The goal of the project was to recognize landmarks in photographs using machine learning, namely convolutional neural networks. This topic was chosen for the following reasons:
The author already had some experience with computer vision tasks
the task sounded as if it could be done very quickly without much effort and, what is important, without a lot of computing resources (all nets were trained in colab or in kagle)
the problem could have some practical application (well, in theory…)
At first it was planned as a purely educational project, but then I got into the idea of it and decided to refine it to the state that I can.
In what follows, I will talk about how I approached this task, and in doing so I will try to follow the code from the notebook where all the magic happened, while also trying to explain some of my actions. Maybe this will help someone get over their fear of the “blank slate” and see that this kind of thing is really easy to do!
Tools
First things first, let me tell you about the tools which were used for this project.
Colab/Kaggle: used to train networks on GPUs.

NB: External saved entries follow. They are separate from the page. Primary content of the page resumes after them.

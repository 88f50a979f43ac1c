ghost use Rattle.std.specs.Prelude.{◌≡◌};
ghost use Rattle.jn_drive.specs.Status.{number_of};

/// How a call of `top` ended.
#[derive(Clone, Copy, Debug, PartialEq, Eq)]
pub enum Status {
    /// The job was done.
    Done,
    /// The source was refused, and `err` took why.
    Refused,
    /// The words are no job.
    Usage,
    /// The program used null as an object.
    Null,
    /// The program divided by zero.
    Zero,
    /// The program's objects filled the arena.
    Arena,
    /// The program's calls passed the depth.
    Depth,
    /// The program took more steps than were allowed.
    Steps,
    /// The image is no valid one.
    BadImage,
    /// The file isn't there, or couldn't be read.
    ReadFault,
    /// An output or a save failed.
    WriteFault,
    /// There was no memory.
    Memory,
}

impl Status {
    /// The number that the program ends with.
    pub fn number(self) -> u8
        ensures { result ≡ number_of self }
    {
        match self {
            Status::Done => 0,
            Status::Refused => 1,
            Status::Usage => 2,
            Status::Null => 3,
            Status::Zero => 4,
            Status::Arena => 5,
            Status::Depth => 6,
            Status::Steps => 7,
            Status::BadImage => 8,
            Status::ReadFault => 9,
            Status::WriteFault => 10,
            Status::Memory => 11,
        }
    }
}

Weights And Biases: a service where I was saving models, their descriptions, adding losses, metrics values, training parameters, preprocessing. In general, I kept complete records. You can read the data here. The metadata section was slightly changed while writing the code – it actually contains the parameters of training and preprocessing. In the files section you can find a description of the network (how its layers are arranged), download the trained weights of the network and look at the values of losses and metrics.
Training data
Well, I should probably start by choosing the data to train the neural network. For this I searched data sets on Cagle (see here) and this site caught my eye.
Actually, as it turned out, there is a competition from Google, related just to the recognition of landmarks. Here was the first problem: dataset weighs \approx100gb. Realizing that the grids in the future I will learn not on my bakery, I had to give up this option. After some more research, I settled on this dataset. It contains 210 classes and about 50 pictures per class. The pictures are all different sizes, taken from different angles, from different distances. In general, the dataset is not refined at all, and so far I’ve only worked with these.